Exercise: What you output should match the data below exactly.

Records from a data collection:
________________

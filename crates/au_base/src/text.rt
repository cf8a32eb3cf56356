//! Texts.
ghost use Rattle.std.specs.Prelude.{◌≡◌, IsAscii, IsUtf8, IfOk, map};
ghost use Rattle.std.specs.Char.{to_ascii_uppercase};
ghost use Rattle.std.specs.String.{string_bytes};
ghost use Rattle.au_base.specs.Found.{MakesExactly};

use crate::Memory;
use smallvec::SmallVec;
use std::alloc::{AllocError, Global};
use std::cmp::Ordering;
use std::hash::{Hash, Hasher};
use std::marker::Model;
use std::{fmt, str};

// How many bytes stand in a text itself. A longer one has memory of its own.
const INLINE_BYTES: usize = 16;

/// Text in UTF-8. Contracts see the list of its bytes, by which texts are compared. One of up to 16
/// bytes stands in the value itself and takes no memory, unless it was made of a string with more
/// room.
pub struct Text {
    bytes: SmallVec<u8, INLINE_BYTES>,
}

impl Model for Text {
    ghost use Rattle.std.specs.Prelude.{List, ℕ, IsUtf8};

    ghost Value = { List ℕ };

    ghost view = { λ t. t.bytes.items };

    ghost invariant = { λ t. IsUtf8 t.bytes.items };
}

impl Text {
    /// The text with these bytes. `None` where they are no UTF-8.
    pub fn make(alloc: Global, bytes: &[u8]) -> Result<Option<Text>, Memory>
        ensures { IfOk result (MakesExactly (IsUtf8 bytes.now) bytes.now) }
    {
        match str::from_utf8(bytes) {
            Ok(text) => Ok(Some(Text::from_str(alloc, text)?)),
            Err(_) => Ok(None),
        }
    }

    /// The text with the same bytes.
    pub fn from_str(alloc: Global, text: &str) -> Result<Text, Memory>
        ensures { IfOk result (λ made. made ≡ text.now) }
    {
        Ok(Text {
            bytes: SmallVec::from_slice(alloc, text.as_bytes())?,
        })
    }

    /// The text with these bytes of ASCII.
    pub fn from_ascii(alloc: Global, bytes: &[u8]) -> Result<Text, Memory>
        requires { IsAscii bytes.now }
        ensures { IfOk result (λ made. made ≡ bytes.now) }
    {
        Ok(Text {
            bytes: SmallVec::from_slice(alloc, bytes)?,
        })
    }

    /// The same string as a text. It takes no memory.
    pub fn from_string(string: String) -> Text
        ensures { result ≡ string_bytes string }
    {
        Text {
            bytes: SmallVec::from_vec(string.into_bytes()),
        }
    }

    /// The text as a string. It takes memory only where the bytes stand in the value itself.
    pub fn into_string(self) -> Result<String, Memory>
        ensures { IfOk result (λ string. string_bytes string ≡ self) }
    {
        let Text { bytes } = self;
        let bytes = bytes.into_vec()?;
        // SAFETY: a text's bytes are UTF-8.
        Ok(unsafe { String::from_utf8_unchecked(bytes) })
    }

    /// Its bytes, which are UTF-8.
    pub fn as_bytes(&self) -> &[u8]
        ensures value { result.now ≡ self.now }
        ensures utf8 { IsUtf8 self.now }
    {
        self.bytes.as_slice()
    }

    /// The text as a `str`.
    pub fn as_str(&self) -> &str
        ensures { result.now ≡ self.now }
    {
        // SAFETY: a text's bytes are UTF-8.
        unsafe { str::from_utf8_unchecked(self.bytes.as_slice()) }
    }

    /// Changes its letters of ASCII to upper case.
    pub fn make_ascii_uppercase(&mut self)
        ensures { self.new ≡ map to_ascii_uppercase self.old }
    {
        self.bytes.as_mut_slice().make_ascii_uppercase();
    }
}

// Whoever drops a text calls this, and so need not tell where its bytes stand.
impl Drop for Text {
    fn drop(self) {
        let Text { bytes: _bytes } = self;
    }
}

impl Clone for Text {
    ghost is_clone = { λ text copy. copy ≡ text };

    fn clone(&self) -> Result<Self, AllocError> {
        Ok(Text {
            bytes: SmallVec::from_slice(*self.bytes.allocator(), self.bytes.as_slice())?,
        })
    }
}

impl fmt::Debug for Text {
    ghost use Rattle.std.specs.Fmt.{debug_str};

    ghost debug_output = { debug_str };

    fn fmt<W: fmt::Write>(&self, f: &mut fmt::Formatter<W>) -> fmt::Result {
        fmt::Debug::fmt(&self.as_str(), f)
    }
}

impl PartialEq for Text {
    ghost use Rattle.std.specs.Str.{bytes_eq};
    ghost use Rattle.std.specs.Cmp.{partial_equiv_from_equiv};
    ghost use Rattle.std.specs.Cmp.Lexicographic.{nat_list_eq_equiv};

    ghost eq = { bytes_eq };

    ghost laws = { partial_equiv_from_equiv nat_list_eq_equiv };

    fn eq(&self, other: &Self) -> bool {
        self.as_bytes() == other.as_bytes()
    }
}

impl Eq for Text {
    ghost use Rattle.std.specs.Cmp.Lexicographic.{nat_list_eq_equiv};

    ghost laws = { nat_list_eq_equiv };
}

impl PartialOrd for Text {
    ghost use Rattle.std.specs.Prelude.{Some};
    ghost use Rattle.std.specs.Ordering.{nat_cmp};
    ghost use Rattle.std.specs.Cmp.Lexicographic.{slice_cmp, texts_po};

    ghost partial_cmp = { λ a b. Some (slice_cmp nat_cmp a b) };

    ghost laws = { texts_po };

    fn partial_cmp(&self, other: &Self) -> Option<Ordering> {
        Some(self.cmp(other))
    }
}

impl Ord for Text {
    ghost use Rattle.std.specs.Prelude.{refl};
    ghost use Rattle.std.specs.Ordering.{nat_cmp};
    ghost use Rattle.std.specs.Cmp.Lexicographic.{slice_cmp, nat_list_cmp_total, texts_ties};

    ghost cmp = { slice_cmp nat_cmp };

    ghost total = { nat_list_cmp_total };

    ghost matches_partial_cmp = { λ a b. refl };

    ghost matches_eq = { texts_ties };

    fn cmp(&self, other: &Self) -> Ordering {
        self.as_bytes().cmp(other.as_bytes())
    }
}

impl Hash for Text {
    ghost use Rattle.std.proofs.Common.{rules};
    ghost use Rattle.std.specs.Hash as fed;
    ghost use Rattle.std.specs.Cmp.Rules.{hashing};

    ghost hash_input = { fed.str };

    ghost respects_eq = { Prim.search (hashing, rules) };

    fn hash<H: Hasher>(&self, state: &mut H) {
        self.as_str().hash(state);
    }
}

________________

Answer to the problem:
filename crates/au_base/src/text.rt
repository cf8a32eb3cf56356
//! Texts.
ghost use Rattle.std.specs.Prelude.{◌≡◌, IsAscii, IsUtf8, IfOk, map};
ghost use Rattle.std.specs.Char.{to_ascii_uppercase};
ghost use Rattle.std.specs.String.{string_bytes};
ghost use Rattle.au_base.specs.Found.{MakesExactly};

use crate::Memory;
use smallvec::SmallVec;
use std::alloc::{AllocError, Global};
use std::cmp::Ordering;
use std::hash::{Hash, Hasher};
use std::marker::Model;
use std::{fmt, str};

// How many bytes stand in a text itself. A longer one has memory of its own.
const INLINE_BYTES: usize = 16;

/// Text in UTF-8. Contracts see the list of its bytes, by which texts are compared. One of up to 16
/// bytes stands in the value itself and takes no memory, unless it was made of a string with more
/// room.
pub struct Text {
    bytes: SmallVec<u8, INLINE_BYTES>,
}

impl Model for Text {
    ghost use Rattle.std.specs.Prelude.{List, ℕ, IsUtf8};

    ghost Value = { List ℕ };

    ghost view = { λ t. t.bytes.items };

    ghost invariant = { λ t. IsUtf8 t.bytes.items };
}

impl Text {
    /// The text with these bytes. `None` where they are no UTF-8.
    pub fn make(alloc: Global, bytes: &[u8]) -> Result<Option<Text>, Memory>
        ensures { IfOk result (MakesExactly (IsUtf8 bytes.now) bytes.now) }
    {
        match str::from_utf8(bytes) {
            Ok(text) => Ok(Some(Text::from_str(alloc, text)?)),
            Err(_) => Ok(None),
        }
    }

    /// The text with the same bytes.
    pub fn from_str(alloc: Global, text: &str) -> Result<Text, Memory>
        ensures { IfOk result (λ made. made ≡ text.now) }
    {
        Ok(Text {
            bytes: SmallVec::from_slice(alloc, text.as_bytes())?,
        })
    }

    /// The text with these bytes of ASCII.
    pub fn from_ascii(alloc: Global, bytes: &[u8]) -> Result<Text, Memory>
        requires { IsAscii bytes.now }
        ensures { IfOk result (λ made. made ≡ bytes.now) }
    {
        Ok(Text {
            bytes: SmallVec::from_slice(alloc, bytes)?,
        })
    }

    /// The same string as a text. It takes no memory.
    pub fn from_string(string: String) -> Text
        ensures { result ≡ string_bytes string }
    {
        Text {
            bytes: SmallVec::from_vec(string.into_bytes()),
        }
    }

    /// The text as a string. It takes memory only where the bytes stand in the value itself.
    pub fn into_string(self) -> Result<String, Memory>
        ensures { IfOk result (λ string. string_bytes string ≡ self) }
    {
        let Text { bytes } = self;
        let bytes = bytes.into_vec()?;
        // SAFETY: a text's bytes are UTF-8.
        Ok(unsafe { String::from_utf8_unchecked(bytes) })
    }

    /// Its bytes, which are UTF-8.
    pub fn as_bytes(&self) -> &[u8]
        ensures value { result.now ≡ self.now }
        ensures utf8 { IsUtf8 self.now }
    {
        self.bytes.as_slice()
    }

    /// The text as a `str`.
    pub fn as_str(&self) -> &str
        ensures { result.now ≡ self.now }
    {
        // SAFETY: a text's bytes are UTF-8.
        unsafe { str::from_utf8_unchecked(self.bytes.as_slice()) }
    }

    /// Changes its letters of ASCII to upper case.
    pub fn make_ascii_uppercase(&mut self)
        ensures { self.new ≡ map to_ascii_uppercase self.old }
    {
        self.bytes.as_mut_slice().make_ascii_uppercase();
    }
}

// Whoever drops a text calls this, and so need not tell where its bytes stand.
impl Drop for Text {
    fn drop(self) {
        let Text { bytes: _bytes } = self;
    }
}

impl Clone for Text {
    ghost is_clone = { λ text copy. copy ≡ text };

    fn clone(&self) -> Result<Self, AllocError> {
        Ok(Text {
            bytes: SmallVec::from_slice(*self.bytes.allocator(), self.bytes.as_slice())?,
        })
    }
}

impl fmt::Debug for Text {
    ghost use Rattle.std.specs.Fmt.{debug_str};

    ghost debug_output = { debug_str };

    fn fmt<W: fmt::Write>(&self, f: &mut fmt::Formatter<W>) -> fmt::Result {
        fmt::Debug::fmt(&self.as_str(), f)
    }
}

impl PartialEq for Text {
    ghost use Rattle.std.specs.Str.{bytes_eq};
    ghost use Rattle.std.specs.Cmp.{partial_equiv_from_equiv};
    ghost use Rattle.std.specs.Cmp.Lexicographic.{nat_list_eq_equiv};

    ghost eq = { bytes_eq };

    ghost laws = { partial_equiv_from_equiv nat_list_eq_equiv };

    fn eq(&self, other: &Self) -> bool {
        self.as_bytes() == other.as_bytes()
    }
}

impl Eq for Text {
    ghost use Rattle.std.specs.Cmp.Lexicographic.{nat_list_eq_equiv};

    ghost laws = { nat_list_eq_equiv };
}

impl PartialOrd for Text {
    ghost use Rattle.std.specs.Prelude.{Some};
    ghost use Rattle.std.specs.Ordering.{nat_cmp};
    ghost use Rattle.std.specs.Cmp.Lexicographic.{slice_cmp, texts_po};

    ghost partial_cmp = { λ a b. Some (slice_cmp nat_cmp a b) };

    ghost laws = { texts_po };

    fn partial_cmp(&self, other: &Self) -> Option<Ordering> {
        Some(self.cmp(other))
    }
}

impl Ord for Text {
    ghost use Rattle.std.specs.Prelude.{refl};
    ghost use Rattle.std.specs.Ordering.{nat_cmp};
    ghost use Rattle.std.specs.Cmp.Lexicographic.{slice_cmp, nat_list_cmp_total, texts_ties};

    ghost cmp = { slice_cmp nat_cmp };

    ghost total = { nat_list_cmp_total };

    ghost matches_partial_cmp = { λ a b. refl };

    ghost matches_eq = { texts_ties };

    fn cmp(&self, other: &Self) -> Ordering {
        self.as_bytes().cmp(other.as_bytes())
    }
}

impl Hash for Text {
    ghost use Rattle.std.proofs.Common.{rules};
    ghost use Rattle.std.specs.Hash as fed;
    ghost use Rattle.std.specs.Cmp.Rules.{hashing};

    ghost hash_input = { fed.str };

    ghost respects_eq = { Prim.search (hashing, rules) };

    fn hash<H: Hasher>(&self, state: &mut H) {
        self.as_str().hash(state);
    }
}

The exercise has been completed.